Exercise prompt: When the line containing "a moment does." is reached, include it and end there; set down verbatim every line before it, starting at the top of the records.

- Opening Delimiter -

//! Where a test may hold up a pass that has a turn.

use dcd_base::{Actor, NoGate};

/// Called while a load or a store has the turn of its shard.
///
/// It answers nothing and has no meaning: what the device does is the same whatever a moment does.
pub trait Moment {
    /// This actor has the turn for its line.
    fn inside(&self, actor: Actor, line: u32);
}

impl Moment for NoGate {
    fn inside(&self, _actor: Actor, _line: u32) {}
}
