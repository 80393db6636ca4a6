//! Why bytes are no request.

use dcd_base::NoMemory;

/// Why bytes are no request. The first three are tried in this order, and the first that is met is answered.
#[derive(Clone, Copy, Debug, PartialEq, Eq)]
pub enum MessageFault {
    /// Fewer than the 12 bytes of a header; the value is how many bytes there are.
    Short(u64),
    /// The message category, bits 3:0 of byte 0, is that value and not 0, a request.
    NotRequest(u8),
    /// The header's payload length is `field`, and `rest` bytes stand behind the header.
    LengthDiffers {
        /// The payload length of the header, below 2,097,152.
        field: u32,
        /// How many bytes stand behind the header.
        rest: u64,
    },
    /// The bytes are a request, and there is no memory for its payload.
    NoMemory,
}

impl From<NoMemory> for MessageFault {
    ghost use Rattle.cci_codec.specs.declared.faults.MessageFault.TheVariants.{NoMemory as OutOfMemory};
    ghost use Rattle.std.specs.Prelude.{◌≡◌};

    ghost from_gives = { λ _ fault. fault ≡ OutOfMemory };

    fn from(_: NoMemory) -> MessageFault {
        MessageFault::NoMemory
    }
}
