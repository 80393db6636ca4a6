//! Which shard a load or a store is of.

ghost use Rattle.dcd_base.specs.declared.steps.Actor.TheVariants.{Host};
ghost use Rattle.block_shard.specs.journal_core.specs.Entries.{fits, is_control};
ghost use Rattle.block_shard.specs.shard_laws.specs.Belonging.{asked_at, shard_at as shard_of_place};
ghost use Rattle.shared_device.specs.Visiting.{IsTarget};
ghost use Rattle.std.specs.Prelude.{◌≡◌, ◌<◌, IsTrue, false};

use block_shard::journal_core::Act;
use dcd_base::{AccessFault, Actor, HostId, Place, shard_of};
use media_map::locate;
use region_config::Config;

/// A load or a store of a host that has looked up its place.
#[derive(Clone, Copy, Debug)]
pub(crate) struct Target {
    pub(crate) host: HostId,
    /// The place of its address, or why there is none.
    pub(crate) at: Result<Place, AccessFault>,
    /// The shard of the place, or shard 0 where there is none.
    pub(crate) index: u32,
}

/// Looks up the place of an actor's load or store.
pub(crate) fn target_of(config: &Config, actor: Actor, act: &Act) -> Target
    requires fits { IsTrue (fits config.now.hosts actor act.now) }
    requires access { is_control act.now ≡ false }
    ensures host { actor ≡ Host result.host }
    ensures target { IsTarget config.now act.now result }
{
    let host = host_of(config.hosts(), actor, act);
    let at = locate(config, host, address_of(act));
    Target {
        host,
        at,
        index: index_of(&at),
    }
}

/// The host that loads or stores.
fn host_of(hosts: u8, actor: Actor, act: &Act) -> HostId
    requires fits { IsTrue (fits hosts actor act.now) }
    requires access { is_control act.now ≡ false }
    ensures host { actor ≡ Host result }
    ensures known { result < hosts }
{
    match actor {
        Actor::Host(host) => match act {
            Act::Load(_) => host,
            Act::Store(_, _) => host,
            _ => unreachable!(),
        },
        _ => unreachable!(),
    }
}

/// The address that is asked for.
fn address_of(act: &Act) -> u64
    requires { is_control act.now ≡ false }
    ensures { result ≡ asked_at act.now }
{
    match act {
        Act::Load(dpa) => *dpa,
        Act::Store(dpa, _) => *dpa,
        _ => unreachable!(),
    }
}

/// The shard of a place.
fn index_of(at: &Result<Place, AccessFault>) -> u32
    ensures value { result ≡ shard_of_place at.now }
    ensures below { result < 16 }
{
    match at {
        Ok(place) => shard_of(place.granule),
        Err(_) => 0,
    }
}
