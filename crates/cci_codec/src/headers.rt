//! The 12 bytes before the payload of a message.

ghost use Rattle.cci_codec.specs.Messages.{front_fields};
ghost use Rattle.dcd_base.specs.Layouts.{spelling, Number, Reserved};
ghost use Rattle.std.specs.Int.{w16};
ghost use Rattle.std.specs.Prelude.{◌≡◌, ◌++◌, ◌<◌, ◌≤◌, ◌^◌, [], ◌∷◌, length, take};

use dcd_base::{put_byte, put_u8, put_u16, put_u24, put_zeros};

/// Puts the header of a message of this category, before a payload of `size` bytes, at the start. Reserved bits and
/// the vendor status are 0.
pub fn put_head(out: &mut [u8], category: u8, tag: u8, opcode: u16, code: u16, size: u32)
    requires fits { size < 2 ^ 21 }
    requires within { 12 ≤ length out.old }
    ensures { take 12 out.new
        ≡ spelling (front_fields category tag opcode size ++ Number w16 code ∷ Reserved 2 ∷ []) }
{
    put_byte(out, 0, category);
    put_u8(out, 1, tag);
    put_zeros::<1>(out, 2);
    put_u16(out, 3, opcode);
    put_u24(out, 5, size);
    put_u16(out, 8, code);
    put_zeros::<2>(out, 10);
}
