//! Loads and stores that wait for nobody.

ghost use Rattle.dcd_base.specs.declared.ids.HostId.{HostId};
ghost use Rattle.dcd_base.specs.declared.steps.Actor.TheVariants.{Host};
ghost use Rattle.block_shard.specs.journal_core.specs.declared.acts.Act.TheVariants.{Load, Store};
ghost use Rattle.block_shard.specs.journal_core.specs.Entries.{fits, is_control};
ghost use Rattle.shared_device.specs.Passing.{IsOneOf, IsSamePass, pass_actor, pass_calls, pass_tries};
ghost use Rattle.shared_device.specs.Trying.{AtItsShard, Tried};
ghost use Rattle.std.specs.Prelude.{◌≡◌, ◌+◌, ◌^◌, ◌<◌, IsTrue, false, length};

use crate::faults::TryFault;
use crate::pass::Pass;
use crate::shared::Shared;
use crate::target::target_of;
use block_shard::journal_core::{Act, Reply};

impl Shared {
    /// A load that waits for nobody: `Busy` comes exactly where its one step on the turn of its place's shard found another pass.
    pub fn try_load(&self, pass: &mut Pass, line: u32, dpa: u64) -> Result<Reply, TryFault>
        requires of { IsOneOf self.now pass.old }
        requires host { (h : HostId) × (pass_actor pass.old ≡ Host h) × (h < self.now.config.hosts) }
        requires room { length (pass_calls pass.old) < 2 ^ 32 }
        ensures same { IsSamePass self.now pass.old pass.new }
        ensures once { pass_tries pass.new ≡ pass_tries pass.old + 1 }
        ensures here { AtItsShard self.now (Load dpa) pass.new }
        ensures tried { Tried self.now line (Load dpa) pass.old pass.new result }
    {
        self.try_access(pass, line, &Act::Load(dpa))
    }

    /// A store that waits for nobody, as `try_load`.
    pub fn try_store(
        &self,
        pass: &mut Pass,
        line: u32,
        dpa: u64,
        value: u64,
    ) -> Result<Reply, TryFault>
        requires of { IsOneOf self.now pass.old }
        requires host { (h : HostId) × (pass_actor pass.old ≡ Host h) × (h < self.now.config.hosts) }
        requires room { length (pass_calls pass.old) < 2 ^ 32 }
        ensures same { IsSamePass self.now pass.old pass.new }
        ensures once { pass_tries pass.new ≡ pass_tries pass.old + 1 }
        ensures here { AtItsShard self.now (Store dpa value) pass.new }
        ensures tried { Tried self.now line (Store dpa value) pass.old pass.new result }
    {
        self.try_access(pass, line, &Act::Store(dpa, value))
    }

    /// A load or a store that waits for nobody.
    fn try_access(&self, pass: &mut Pass, line: u32, act: &Act) -> Result<Reply, TryFault>
        requires of { IsOneOf self.now pass.old }
        requires fits { IsTrue (fits self.now.config.hosts (pass_actor pass.old) act.now) }
        requires access { is_control act.now ≡ false }
        requires room { length (pass_calls pass.old) < 2 ^ 32 }
        ensures same { IsSamePass self.now pass.old pass.new }
        ensures once { pass_tries pass.new ≡ pass_tries pass.old + 1 }
        ensures here { AtItsShard self.now act.now pass.new }
        ensures tried { Tried self.now line act.now pass.old pass.new result }
    {
        let target = target_of(&self.config, pass.actor, act);
        match self.cells.try_take(&mut pass.seat, target.index) {
            Ok(cell) => match self.enter(&mut pass.seat, pass.seen, line, act, &target, cell) {
                Ok((reply, stamp)) => {
                    pass.seen = stamp;
                    pass.calls += 1;
                    Ok(reply)
                }
                Err(_) => Err(TryFault::NoMemory),
            },
            Err(busy) => Err(TryFault::Busy {
                seat_seen: busy.seat_seen,
            }),
        }
    }
}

- Closing Delimiter -

Response box:
//! Where a test may hold up a pass that has a turn.

use dcd_base::{Actor, NoGate};

/// Called while a load or a store has the turn of its shard.
///
/// It answers nothing and has no meaning: what the device does is the same whatever a moment does.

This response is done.